一方で、堀江さんが事業を考えていた頃はCGM(消費者生成メディア)の全盛期でもあります。大量のコンテンツを生み出すには、消費者にコンテンツを作ってもらったほうが手っ取り早い。おっしゃったクックパッドも、レシピを消費者が投稿する仕組みを採用しています。あえて、自社でプロが作る動画コンテンツにこだわった理由は?

堀江:クックパッドには200万レシピが掲載されています。よく投資家に「置き換えるって言うけど、全部動画にできるの?」ってよく聞かれるんですが、僕は「それは違う」と反論します。

 料理と食材で、1000通りも想像できないですよね。1000通り想像できたとしても、それぞれに10のレシピがあれば、十分、消費者は満足できるはずです。グーグルで検索して実際にクリックするのって、上位10件くらいでしょう? つまり、動画が1万本あれば十分なんです。クックパッドの200万レシピのうち、トラフィックが集まるのは上位1〜5%のコンテンツだけですよ。残り95%以上は要らない。動画化する必要なんてないんですよ。

 それから、コンテンツにとって「プロかプロじゃないか」は正直、あまり関係ないと思っています。よく取材で「なぜクラシルの動画は愛されているんですか」と聞かれますが、僕は「うちのコンテンツに競争優位性はありません」と答えています。

コンテンツではなくシステムで勝負が決まる

堀江:もちろん、コンテンツをより良くする努力はしているし、信頼が大事だということも分かっています。でも、カレーを作る動画なんて、うちが作っても競合の「TASTY(テイスティ)」が作っても品質はほとんど同じです。

 そうじゃない。適切なコンテンツを適切なタイミングで適切な場所に置く。そこで勝負が決まるんです。こういったシステムの優位性が今後のビジネスでは圧倒的に大事になってくる。うちはそこに集中しています。

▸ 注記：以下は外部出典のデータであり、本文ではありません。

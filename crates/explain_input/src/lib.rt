//! What the lines of an input are, a transcript or a schedule, and what one more line does.
#![tactic(auto)]

mod input;
mod schedule;

pub use input::{FoundInput, Input, Taken};
pub use schedule::Scheduled;
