// No code: specs/ says and proofs/ proves what a transmitter and a receiver make of a whole message.
#![tactic(auto)]
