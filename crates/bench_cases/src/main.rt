// Document 01's cases, and those of image headers, run: asks the reader's four questions of each case on standard input, which
// tests/cli/bench_cases.py makes, and prints a line: the case's name, read's answer (64 × number + p), the bill, the length of the body,
// the owner, and then each number of the row buffer that read changed, as index:number. The file stdout is from documents 01 and 02 and not
// from a run. Assumes nothing: a case that is cut off is not asked.
#![tactic(auto)]

ghost use Rattle.std.specs.Prelude.{◌≤◌, length};

use rows::BUFFER;
use std::io;

// A case is its name, padded with spaces; the image's length, how much of the row buffer is lent, p and the table place, little-endian; the
// image. These are their byte offsets.
const LENGTH: usize = 32;

const LENT: usize = 36;

const PARTITION: usize = 40;

const PLACE: usize = 44;

const IMAGE: usize = 52;

// The row buffer of every case, one number more than is needed, and what each number holds before read is asked.
const ROWS: usize = BUFFER + 1;

const FOUND: u64 = 7;

// A space and a number.
fn field(rt: &impl Print, n: u64) -> io::Result<()> {
    print!(rt; " {n}")
}

// The numbers of the row buffer that are not as found, each after its index.
fn print_changes(rt: &impl Print, rows: &[u64; ROWS]) -> io::Result<()> {
    for (i, n) in rows.iter().enumerate() {
        if *n != FOUND {
            print!(rt; " {i}:{n}")?;
        }
    }
    Ok(())
}

// Asks all four questions of an image, read with the first n numbers of the row buffer, and prints what they answer and what read changed.
fn ask(rt: &impl Print, image: &[u8], place: usize, n: usize, p: usize) -> io::Result<()> {
    let mut rows = [FOUND; ROWS];
    let lent = n.min(ROWS);
    field(rt, reader::read(image, place, &mut rows[..lent]))?;
    field(rt, reader::bill(image, place))?;
    let body = reader::body(image, place, p);
    field(rt, body.len() as u64)?;
    field(rt, reader::owner(image, place, p))?;
    print_changes(rt, &rows)?;
    rt.println("")
}

// The fields of a case.
fn case(rt: &impl Print, bytes: &[u8]) -> io::Result<()>
    requires { 52 ≤ length bytes.now }
{
    rt.write_all(&bytes[0..LENGTH])?;
    let n = words::word_at(bytes, LENT) as usize;
    let p = words::word_at(bytes, PARTITION) as usize;
    let low = words::word_at(bytes, PLACE) as usize;
    let high = words::word_at(bytes, PLACE + 4) as usize;
    ask(rt, &bytes[IMAGE..], low + 0x1_0000_0000 * high, n, p)
}

// One case after another.
fn cases(rt: &impl Print, input: &[u8]) -> io::Result<()> {
    let mut rest = input;
    while IMAGE <= rest.len() {
        let size = IMAGE + words::word_at(rest, LENGTH) as usize;
        let Some((first, others)) = rest.split_at_checked(size) else {
            break;
        };
        case(rt, first)?;
        rest = others;
    }
    Ok(())
}

fn main(rt: HostRuntime) -> io::Result<()> {
    let mut input = inputs::buffer::<65_536>();
    let n = inputs::read_full(&mut rt.stdin(), &mut input)?;
    cases(&rt, &input[..n])
}
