// Are these stored records? A record's fields, its width on a connection of given flags, and stores of at most so many.
#![tactic(auto)]

ghost use Rattle.std.specs.Prelude.{◌≡◌, ◌+◌, ◌*◌, ◌≤◌, length, drop};
ghost use Rattle.codec.specs.Code.{up_to};
ghost use Rattle.machine.specs.Limits.{record_size, data_in};
ghost use Rattle.layout.specs.Record.{rec36, width_fits};
ghost use Rattle.layout.specs.Record.{outgoing as is_outgoing, incoming as is_incoming};
ghost use Rattle.stored_records.specs.Held.{fields_of};
ghost use Rattle.stored_records.specs.Held.{cell as cell_of};

use can::{id_limit, listens, takes_width};
use integers::{id_at, word_at};
use octets::all_zero;
use zeros::eight_end;

// The data: an identifier of four bytes and at most eight of a frame, which begin behind it.
const LEAST_DATA: u32 = places::NUMBER as u32;

const MOST_DATA: u32 = places::ROW as u32;

const BEHIND_ID: usize = places::DATA_IN + places::NUMBER;

// The 36 bytes of a record, whatever it waits for: protocol, size, extra index, zeros after the data.
fn plain_record(s: &[u8]) -> bool
    requires { length s.now ≡ record_size }
    ensures { result ≡ rec36.valid s.now }
{
    let size = word_at(s, places::SIZE_IN);
    if size < LEAST_DATA {
        return false;
    }
    if size > MOST_DATA {
        return false;
    }
    let data = size as usize - places::NUMBER;
    (word_at(s, places::EXTRA_INDEX_IN) == size)
        & (word_at(s, 0) == can::PROTOCOL)
        & eight_end(s, BEHIND_ID, data)
}

// Is a record's identifier in the range of its width, and does the connection take that width? Of a record with any number of data bytes.
pub fn width_fits(s: &[u8], flags: u32, wide: bool) -> bool
    requires { data_in + 4 ≤ length s.now }
    ensures { result ≡ width_fits flags wide (drop data_in s.now) }
{
    (id_at(s, places::DATA_IN) <= id_limit(wide)) & takes_width(flags, wide)
}

// The fields of a record held for sending, on a connection of these flags; a listener holds none.
fn outgoing(s: &[u8], flags: u32) -> bool
    requires { length s.now ≡ record_size }
    ensures { result ≡ is_outgoing flags (fields_of s.now) }
{
    let tx = word_at(s, places::TX_FLAGS_IN);
    (word_at(s, places::RX_STATUS_IN) == 0)
        & ((tx == 0) | (tx == 0x100))
        & (word_at(s, places::TIMESTAMP_IN) == 0)
        & width_fits(s, flags, tx / 0x100 % 2 == 1)
        & !listens(flags)
}

// The fields of a record held for reading.
fn incoming(s: &[u8], flags: u32) -> bool
    requires { length s.now ≡ record_size }
    ensures { result ≡ is_incoming flags (fields_of s.now) }
{
    let rx = word_at(s, places::RX_STATUS_IN);
    ((rx == 0) | ((rx == 1) | ((rx == 0x100) | (rx == 0x101))))
        & (word_at(s, places::TX_FLAGS_IN) == 0)
        & width_fits(s, flags, rx / 0x100 % 2 == 1)
}

// A record held for sending, or for reading.
pub fn cell(s: &[u8], flags: u32, sending: bool) -> bool
    requires { length s.now ≡ record_size }
    ensures { result ≡ (cell_of sending flags).valid s.now }
{
    if sending {
        return plain_record(s) & outgoing(s, flags);
    }
    plain_record(s) & incoming(s, flags)
}

// A store of so many records, for sending or for reading: the held ones are records, zeros behind them.
pub fn store(s: &[u8], capacity: usize, flags: u32, sending: bool) -> bool
    requires { length s.now ≡ 1 + capacity * record_size }
    ensures { result ≡ (up_to capacity (cell_of sending flags)).valid s.now }
{
    let n = s[0] as usize;
    if n > capacity {
        return false;
    }
    let mut good = true;
    for i in 0..n {
        let a = 1 + i * places::RECORD;
        let e = a + places::RECORD;
        good = good & cell(&s[a..e], flags, sending);
    }
    let z = 1 + n * places::RECORD;
    good & all_zero(&s[z..])
}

 例えば、「同じカレーを作る」という意味ではコンテンツに差異はありません。ただ、「なんで今日カレーを作るの?」「なんでこの時期なの?」「なんでアプリのこの位置にこのカレーの動画を表示するの?」という視点で見ると全く違ってきます。それがシステムの優位性という意味です。

 もちろん、コンテンツという意味でも企画段階では工夫しています。例えばテイスティの動画は面白いけど実用的ではない。だって、スイカを半分に切って器にしてウオッカを入れるなんて、(多くの人には)参考にならないじゃないですか。

 日本人が知りたいのは、冷蔵庫の中に入っている食材でいかにその日の晩ご飯を作れるか、ということですから。だからうちは最初から実用的なものに絞りました。だからこそ、検索性を考えて、ある程度、本数を増やす必要がありました。

 これは8月24日に正式に発表しますが、料理動画の本数で世界一になりました。僕らは最後発です。なのに、なぜこんなことができたか。最初から適切なコンテンツをユーザーにどの程度の本数を届けなければならないか計算して、そこに向かって全力で走ったからです。自社のアプリにコンテンツを蓄積して、検索性を高める。その方向は最初からぶれていません。